Start of RECORDS FOR PROCESSING

//! What a host reads off a meter: include/pw.h describes each function. C calls one function for each thing read, by its
//! name: so several have one shape, the conversion of what another crate works out.
ghost use Rattle.std.specs.Prelude.{◌≡◌};
ghost use Rattle.tables.specs.Row.{row_kind, row_number};
ghost use Rattle.values.specs.Vals.{pw_vals, pw_state, integrating};
ghost use Rattle.readouts.specs.Readings.{reading_vals, energy_val};
ghost use Rattle.readouts.specs.Bluetooth.{bt_mode_byte, bt_main};
ghost use Rattle.readouts.specs.Partial.{pw_partial};
ghost use Rattle.host.specs.Shown.{host_vals, host_val, host_readouts, host_partial};
ghost use Rattle.host.specs.Ring.{conversion};

use host::ring::HostConversion;
use host::shown::{HostPartial, HostReadouts, HostVal, HostVals};
use state::Pw;
use values::power_vals::PowerVals;

pub fn pw_vals(meter: Pw) -> HostVals
    ensures { result ≡ host_vals (pw_vals meter) }
{
    HostVals::from(values::vals::pw_vals(meter))
}

pub fn pw_state(meter: Pw) -> PowerVals
    ensures { result ≡ pw_state meter }
{
    values::vals::pw_state(meter)
}

pub fn pw_reading_vals(vals: PowerVals) -> HostReadouts
    ensures { result ≡ host_readouts (reading_vals vals) }
{
    HostReadouts::from(readouts::readings::reading_vals(vals))
}

pub fn pw_energy_val(vals: PowerVals) -> HostVal
    ensures { result ≡ host_val (energy_val vals) }
{
    HostVal::from(readouts::readings::energy_val(vals))
}

pub fn pw_bt_main(vals: PowerVals) -> HostVal
    ensures { result ≡ host_val (bt_main vals) }
{
    HostVal::from(readouts::bluetooth::bt_main(vals))
}

pub fn pw_bt_mode_byte(v_auto: bool, vr: u8) -> u8
    ensures { result ≡ bt_mode_byte v_auto vr }
{
    readouts::bluetooth::bt_mode_byte(v_auto, vr)
}

pub fn pw_partial(meter: Pw) -> HostPartial
    ensures { result ≡ host_partial (pw_partial meter) }
{
    HostPartial::from(readouts::partial::pw_partial(meter))
}

pub fn pw_integrating(meter: Pw) -> bool
    ensures { result ≡ integrating meter }
{
    values::vals::integrating(meter)
}

/// The number of the kind of row that the host writes at a mark.
pub fn pw_row(meter: Pw) -> u8
    ensures { result ≡ row_number (row_kind meter.mode.alt meter.mode.dc meter.job.job meter.job.job_step meter.job.job_dc meter.cycle.phase) }
{
    let kind = tables::row::row_kind(
        meter.mode.alt,
        meter.mode.dc,
        meter.job.job,
        meter.job.job_step,
        meter.job.job_dc,
        meter.cycle.phase,
    );
    kind.into()
}

/// One of the sixteen latest conversions, by its age.
pub fn pw_conversion(meter: Pw, age: u8) -> HostConversion
    ensures { result ≡ conversion meter.ring age }
{
    host::ring::conversion(meter.ring, age)
}
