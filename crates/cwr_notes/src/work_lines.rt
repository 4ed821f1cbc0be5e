//! The line that says whose a transaction is.

ghost use Rattle.std.specs.Prelude.{◌≡◌, ◌+◌, ◌≤◌, ◌++◌, [], length};
ghost use Rattle.cwr_fields.specs.Format.Bytes.{trimmed};
ghost use Rattle.cwr_notes.specs.Format.WorkNames.{name_label, name_line, name_words, work_line, work_of};

use arrayvec::ArrayVec;
use cwr_fields::{Kind, is_spaces, trimmed};
use cwr_findings::{is_of, work_number, work_title};
use cwr_lines::RecordRef;
use cwr_values::Transaction;
use std::marker::Model;

/// The most bytes of the line: what it says, a number, a space, a title, and the line's end.
pub(crate) const LONGEST_WORK: usize = 94;

/// The line, while it is put together.
type Text = ArrayVec<u8, LONGEST_WORK>;

/// Appends bytes for which there is room.
fn push(text: &mut Text, bytes: &[u8])
    requires { length text.old.items + length bytes.now ≤ LONGEST_WORK }
    ensures value { text.new.items ≡ text.old.items ++ bytes.now }
    ensures len { length text.new.items ≡ length text.old.items + length bytes.now }
{
    let _fits = text.try_extend_from_slice(bytes);
}

/// Appends a cell without its trailing spaces.
fn push_trimmed(text: &mut Text, cell: &[u8])
    requires { length text.old.items + length cell.now ≤ LONGEST_WORK }
    ensures value { text.new.items ≡ text.old.items ++ trimmed cell.now }
    ensures len { length text.new.items ≤ length text.old.items + length cell.now }
{
    push(text, trimmed(cell));
}

/// What the line says.
fn name_label(is_agreement: bool) -> &'static str
    ensures value { result.now ≡ name_label is_agreement }
    ensures short { length result.now ≤ 12 }
{
    match is_agreement {
        true => "  agreement ",
        false => "  work      ",
    }
}

/// Appends a number and a title, of which what is blank is left out.
fn push_name(text: &mut Text, number: &[u8], title: &[u8])
    requires { length text.old.items + length number.now + length title.now + 1 ≤ LONGEST_WORK }
    ensures value { text.new.items ≡ text.old.items ++ name_words number.now title.now }
    ensures len { length text.new.items
        ≤ length text.old.items + length number.now + length title.now + 1 }
{
    if is_spaces(number) {
        return push_trimmed(text, title);
    }
    push_trimmed(text, number);
    if is_spaces(title) {
        return;
    }
    push(text, b" ");
    push_trimmed(text, title);
}

/// Puts the line on a number and a title, if one isn't blank, into an empty text.
fn push_line(text: &mut Text, is_agreement: bool, number: &[u8], title: &[u8])
    requires empty { text.old.items ≡ [] }
    requires number { length number.now ≤ 20 }
    requires title { length title.now ≤ 60 }
    ensures { text.new.items ≡ name_line is_agreement number.now title.now }
{
    if is_spaces(number) && is_spaces(title) {
        return;
    }
    push(text, name_label(is_agreement).as_bytes());
    push_name(text, number, title);
    push(text, b"\n");
}

/// The line that says whose a transaction is, where its header does. It takes no memory.
#[derive(Drop)]
pub struct WorkLine {
    text: Text,
}

impl Model for WorkLine {
    ghost use Rattle.std.specs.Prelude.{ℕ, List};

    ghost Value = { List ℕ };

    ghost view = { λ l. l.text.items };
}

impl WorkLine {
    /// No line.
    pub fn none() -> WorkLine
        ensures { result ≡ [] }
    {
        WorkLine {
            text: ArrayVec::new(),
        }
    }

    /// That on an agreement or a work with that number and title. Where both are blank there is none.
    pub fn named(is_agreement: bool, number: &[u8], title: &[u8]) -> WorkLine
        requires number { length number.now ≤ 20 }
        requires title { length title.now ≤ 60 }
        ensures { result ≡ name_line is_agreement number.now title.now }
    {
        let mut line = WorkLine::none();
        push_line(&mut line.text, is_agreement, number, title);
        line
    }

    /// That of a transaction with that header.
    #[tactic(auto, unfolding(crate::specs::Format::WorkNames::work_line))]
    pub fn by(head: &RecordRef<'_>) -> WorkLine
        ensures { result ≡ work_line head.now }
    {
        WorkLine::named(is_of(head, Kind::Agr), work_number(head), work_title(head))
    }

    /// That of a transaction.
    pub fn of(transaction: &Transaction) -> WorkLine
        ensures { result ≡ work_of transaction.now }
    {
        match transaction.record(0) {
            Some(head) => WorkLine::by(&head),
            None => WorkLine::none(),
        }
    }

    /// The same line.
    pub fn copy(&self) -> WorkLine
        ensures { result ≡ self.now }
    {
        let mut line = WorkLine::none();
        push(&mut line.text, self.as_slice());
        line
    }

    /// Its bytes.
    pub fn as_slice(&self) -> &[u8]
        ensures value { result.now ≡ self.now }
        ensures short { length result.now ≤ LONGEST_WORK }
    {
        self.text.as_slice()
    }
}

End of RECORDS FOR PROCESSING

REQUIRED ACTION:
Each line of the listing has to be repeated exactly in the reply.

PROBLEM SOLUTION:
//! What a host reads off a meter: include/pw.h describes each function. C calls one function for each thing read, by its
//! name: so several have one shape, the conversion of what another crate works out.
ghost use Rattle.std.specs.Prelude.{◌≡◌};
ghost use Rattle.tables.specs.Row.{row_kind, row_number};
ghost use Rattle.values.specs.Vals.{pw_vals, pw_state, integrating};
ghost use Rattle.readouts.specs.Readings.{reading_vals, energy_val};
ghost use Rattle.readouts.specs.Bluetooth.{bt_mode_byte, bt_main};
ghost use Rattle.readouts.specs.Partial.{pw_partial};
ghost use Rattle.host.specs.Shown.{host_vals, host_val, host_readouts, host_partial};
ghost use Rattle.host.specs.Ring.{conversion};

use host::ring::HostConversion;
use host::shown::{HostPartial, HostReadouts, HostVal, HostVals};
use state::Pw;
use values::power_vals::PowerVals;

pub fn pw_vals(meter: Pw) -> HostVals
    ensures { result ≡ host_vals (pw_vals meter) }
{
    HostVals::from(values::vals::pw_vals(meter))
}

pub fn pw_state(meter: Pw) -> PowerVals
    ensures { result ≡ pw_state meter }
{
    values::vals::pw_state(meter)
}

pub fn pw_reading_vals(vals: PowerVals) -> HostReadouts
    ensures { result ≡ host_readouts (reading_vals vals) }
{
    HostReadouts::from(readouts::readings::reading_vals(vals))
}

pub fn pw_energy_val(vals: PowerVals) -> HostVal
    ensures { result ≡ host_val (energy_val vals) }
{
    HostVal::from(readouts::readings::energy_val(vals))
}

pub fn pw_bt_main(vals: PowerVals) -> HostVal
    ensures { result ≡ host_val (bt_main vals) }
{
    HostVal::from(readouts::bluetooth::bt_main(vals))
}

pub fn pw_bt_mode_byte(v_auto: bool, vr: u8) -> u8
    ensures { result ≡ bt_mode_byte v_auto vr }
{
    readouts::bluetooth::bt_mode_byte(v_auto, vr)
}

pub fn pw_partial(meter: Pw) -> HostPartial
    ensures { result ≡ host_partial (pw_partial meter) }
{
    HostPartial::from(readouts::partial::pw_partial(meter))
}

pub fn pw_integrating(meter: Pw) -> bool
    ensures { result ≡ integrating meter }
{
    values::vals::integrating(meter)
}

/// The number of the kind of row that the host writes at a mark.
pub fn pw_row(meter: Pw) -> u8
    ensures { result ≡ row_number (row_kind meter.mode.alt meter.mode.dc meter.job.job meter.job.job_step meter.job.job_dc meter.cycle.phase) }
{
    let kind = tables::row::row_kind(
        meter.mode.alt,
        meter.mode.dc,
        meter.job.job,
        meter.job.job_step,
        meter.job.job_dc,
        meter.cycle.phase,
    );
    kind.into()
}

/// One of the sixteen latest conversions, by its age.
pub fn pw_conversion(meter: Pw, age: u8) -> HostConversion
    ensures { result ≡ conversion meter.ring age }
{
    host::ring::conversion(meter.ring, age)
}
filename crates/cwr_notes/src/work_lines.rt
repository 4ed821f1cbc0be5e
//! The line that says whose a transaction is.

ghost use Rattle.std.specs.Prelude.{◌≡◌, ◌+◌, ◌≤◌, ◌++◌, [], length};
ghost use Rattle.cwr_fields.specs.Format.Bytes.{trimmed};
ghost use Rattle.cwr_notes.specs.Format.WorkNames.{name_label, name_line, name_words, work_line, work_of};

use arrayvec::ArrayVec;
use cwr_fields::{Kind, is_spaces, trimmed};
use cwr_findings::{is_of, work_number, work_title};
use cwr_lines::RecordRef;
use cwr_values::Transaction;
use std::marker::Model;

/// The most bytes of the line: what it says, a number, a space, a title, and the line's end.
pub(crate) const LONGEST_WORK: usize = 94;

/// The line, while it is put together.
type Text = ArrayVec<u8, LONGEST_WORK>;

/// Appends bytes for which there is room.
fn push(text: &mut Text, bytes: &[u8])
    requires { length text.old.items + length bytes.now ≤ LONGEST_WORK }
    ensures value { text.new.items ≡ text.old.items ++ bytes.now }
    ensures len { length text.new.items ≡ length text.old.items + length bytes.now }
{
    let _fits = text.try_extend_from_slice(bytes);
}

/// Appends a cell without its trailing spaces.
fn push_trimmed(text: &mut Text, cell: &[u8])
    requires { length text.old.items + length cell.now ≤ LONGEST_WORK }
    ensures value { text.new.items ≡ text.old.items ++ trimmed cell.now }
    ensures len { length text.new.items ≤ length text.old.items + length cell.now }
{
    push(text, trimmed(cell));
}

/// What the line says.
fn name_label(is_agreement: bool) -> &'static str
    ensures value { result.now ≡ name_label is_agreement }
    ensures short { length result.now ≤ 12 }
{
    match is_agreement {
        true => "  agreement ",
        false => "  work      ",
    }
}

/// Appends a number and a title, of which what is blank is left out.
fn push_name(text: &mut Text, number: &[u8], title: &[u8])
    requires { length text.old.items + length number.now + length title.now + 1 ≤ LONGEST_WORK }
    ensures value { text.new.items ≡ text.old.items ++ name_words number.now title.now }
    ensures len { length text.new.items
        ≤ length text.old.items + length number.now + length title.now + 1 }
{
    if is_spaces(number) {
        return push_trimmed(text, title);
    }
    push_trimmed(text, number);
    if is_spaces(title) {
        return;
    }
    push(text, b" ");
    push_trimmed(text, title);
}

/// Puts the line on a number and a title, if one isn't blank, into an empty text.
fn push_line(text: &mut Text, is_agreement: bool, number: &[u8], title: &[u8])
    requires empty { text.old.items ≡ [] }
    requires number { length number.now ≤ 20 }
    requires title { length title.now ≤ 60 }
    ensures { text.new.items ≡ name_line is_agreement number.now title.now }
{
    if is_spaces(number) && is_spaces(title) {
        return;
    }
    push(text, name_label(is_agreement).as_bytes());
    push_name(text, number, title);
    push(text, b"\n");
}

/// The line that says whose a transaction is, where its header does. It takes no memory.
#[derive(Drop)]
pub struct WorkLine {
    text: Text,
}

impl Model for WorkLine {
    ghost use Rattle.std.specs.Prelude.{ℕ, List};

    ghost Value = { List ℕ };

    ghost view = { λ l. l.text.items };
}

impl WorkLine {
    /// No line.
    pub fn none() -> WorkLine
        ensures { result ≡ [] }
    {
        WorkLine {
            text: ArrayVec::new(),
        }
    }

    /// That on an agreement or a work with that number and title. Where both are blank there is none.
    pub fn named(is_agreement: bool, number: &[u8], title: &[u8]) -> WorkLine
        requires number { length number.now ≤ 20 }
        requires title { length title.now ≤ 60 }
        ensures { result ≡ name_line is_agreement number.now title.now }
    {
        let mut line = WorkLine::none();
        push_line(&mut line.text, is_agreement, number, title);
        line
    }

    /// That of a transaction with that header.
    #[tactic(auto, unfolding(crate::specs::Format::WorkNames::work_line))]
    pub fn by(head: &RecordRef<'_>) -> WorkLine
        ensures { result ≡ work_line head.now }
    {
        WorkLine::named(is_of(head, Kind::Agr), work_number(head), work_title(head))
    }

    /// That of a transaction.
    pub fn of(transaction: &Transaction) -> WorkLine
        ensures { result ≡ work_of transaction.now }
    {
        match transaction.record(0) {
            Some(head) => WorkLine::by(&head),
            None => WorkLine::none(),
        }
    }

    /// The same line.
    pub fn copy(&self) -> WorkLine
        ensures { result ≡ self.now }
    {
        let mut line = WorkLine::none();
        push(&mut line.text, self.as_slice());
        line
    }

    /// Its bytes.
    pub fn as_slice(&self) -> &[u8]
        ensures value { result.now ≡ self.now }
        ensures short { length result.now ≤ LONGEST_WORK }
    {
        self.text.as_slice()
    }
}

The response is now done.